TrackStrings are strings that can, to a certain extent, keep track of the shifts in positions. You pass Strings through Cleaners / regex replacement and remain able to get the position (or the best estimated range) in the original string of a [group of] character[s] that have moved in the resulting string:
import fr.splayce.rel.util.TrackString
val ts = TrackString("Test - OK - passed")
.replaceAll(" - ".r, " ") // "Test OK passed"
ts.srcPos(5, 7) // Interval [7,9) was the original position of "OK"
ts.srcPos(8, 14) // Interval [12,18) was the original position of "passed"
And Cleaners support TrackStrings, so this allows you to:
import fr.splayce.rel.cleaners.CamelCaseSplitFilter
val os = "MySuperClass"
val ts = CamelCaseSplitFilter(TrackString(os)) // "My Super Class"

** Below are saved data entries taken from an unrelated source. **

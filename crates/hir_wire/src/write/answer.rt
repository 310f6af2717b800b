//! Answers as JSON.
ghost use Rattle.std.specs.Prelude.{◌≡◌, IfOk};
ghost use Rattle.serde_json.specs.View.{view};
ghost use Rattle.hir_wire.specs.Replies.{import_data, visibility_data, item_data, answer_data, or_null, number_data};

use crate::answer::{Answer, AnswerItem, AnswerVisibility, Definition, ImportOrigin, ImportSource};
use crate::write::definition::{definition_value, id_value, source_value};
use serde_json::{Value, json};
use std::alloc::{AllocError, Global};

fn import_value(alloc: Global, import: &ImportSource) -> Result<Value, AllocError>
    ensures value { IfOk result (λ v. view v ≡ import_data import.now) }
{
    let id = id_value(alloc, import.id)?;
    let source = source_value(alloc, &import.source)?;
    match import.origin {
        ImportOrigin::Import(place) => {
            json!(in alloc; {"id": id, "in": source, "kind": "import", "place": place})
        }
        ImportOrigin::Glob(place) => {
            json!(in alloc; {"id": id, "in": source, "kind": "glob", "place": place})
        }
        ImportOrigin::ExternCrate => {
            json!(in alloc; {"id": id, "in": source, "kind": "extern crate"})
        }
    }
}

fn import_or_null(alloc: Global, import: &Option<ImportSource>) -> Result<Value, AllocError>
    ensures value { IfOk result (λ v. view v ≡ or_null import_data import.now) }
{
    match import {
        None => Ok(Value::Null),
        Some(import) => import_value(alloc, import),
    }
}

fn module_visibility(
    alloc: Global,
    explicit: bool,
    within: &Definition,
) -> Result<Value, AllocError>
    ensures value { IfOk result (λ v. view v
        ≡ visibility_data (AnswerVisibility.Module explicit within.now)) }
{
    let module = definition_value(alloc, within)?;
    json!(in alloc; {"explicit": explicit, "module": module})
}

fn visibility_value(alloc: Global, visibility: &AnswerVisibility) -> Result<Value, AllocError>
    ensures value { IfOk result (λ v. view v ≡ visibility_data visibility.now) }
{
    match visibility {
        AnswerVisibility::Public => Value::try_from_str(alloc, "pub"),
        AnswerVisibility::Crate(krate) => json!(in alloc; {"crate": krate.0}),
        AnswerVisibility::Module { explicit, module } => {
            module_visibility(alloc, *explicit, module)
        }
    }
}

fn item_value(alloc: Global, item: &AnswerItem) -> Result<Value, AllocError>
    ensures value { IfOk result (λ v. view v ≡ item_data item.now) }
{
    let def = definition_value(alloc, &item.def)?;
    let import = import_or_null(alloc, &item.import)?;
    let vis = visibility_value(alloc, &item.vis)?;
    json!(in alloc; {"def": def, "import": import, "vis": vis})
}

/// What a name stands for in one namespace, null for nothing.
pub fn item_or_null(alloc: Global, item: &Option<AnswerItem>) -> Result<Value, AllocError>
    ensures value { IfOk result (λ v. view v ≡ or_null item_data item.now) }
{
    match item {
        None => Ok(Value::Null),
        Some(item) => item_value(alloc, item),
    }
}

fn stop_value(stop: Option<usize>) -> Value
    ensures value { view result ≡ or_null number_data stop }
{
    match stop {
        None => Value::Null,
        Some(stop) => Value::from(stop),
    }
}

/// What a path names in each namespace, null for nothing.
pub fn answer_value(alloc: Global, answer: &Answer) -> Result<Value, AllocError>
    ensures value { IfOk result (λ v. view v ≡ answer_data answer.now) }
{
    let macros = item_or_null(alloc, &answer.macros)?;
    let stop = stop_value(answer.stop);
    let types = item_or_null(alloc, &answer.types)?;
    let values = item_or_null(alloc, &answer.values)?;
    json!(in alloc; {"macros": macros, "stop": stop, "types": types, "values": values})
}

val m = "Super".r.findFirstMatchIn(ts.toString).get
val op = ts.srcPos(m.start, m.end) // Interval [2,7)
val highlight = os.substring(0, op.start)
+ "<strong>" + os.substring(op.start, op.end) + "</strong>"
+ os.substring(op.end)
// "My<strong>Super</strong>Class"
Please note that, while Cleaners made with Cleaner.regexReplaceFirst
and Cleaner.regexReplaceAll
automatically support position tracking, you will have to implement apply: TrackString => TrackString
if you implement your own cleaners, e.g. by calling TrackString.edit
(see the API doc). Otherwise, the TrackString will see your string transformation as one big replacement – i.e. it will tell you that the original position of any character is somewhere between the beginning and the end of your original string, which admittedly isn’t of much help.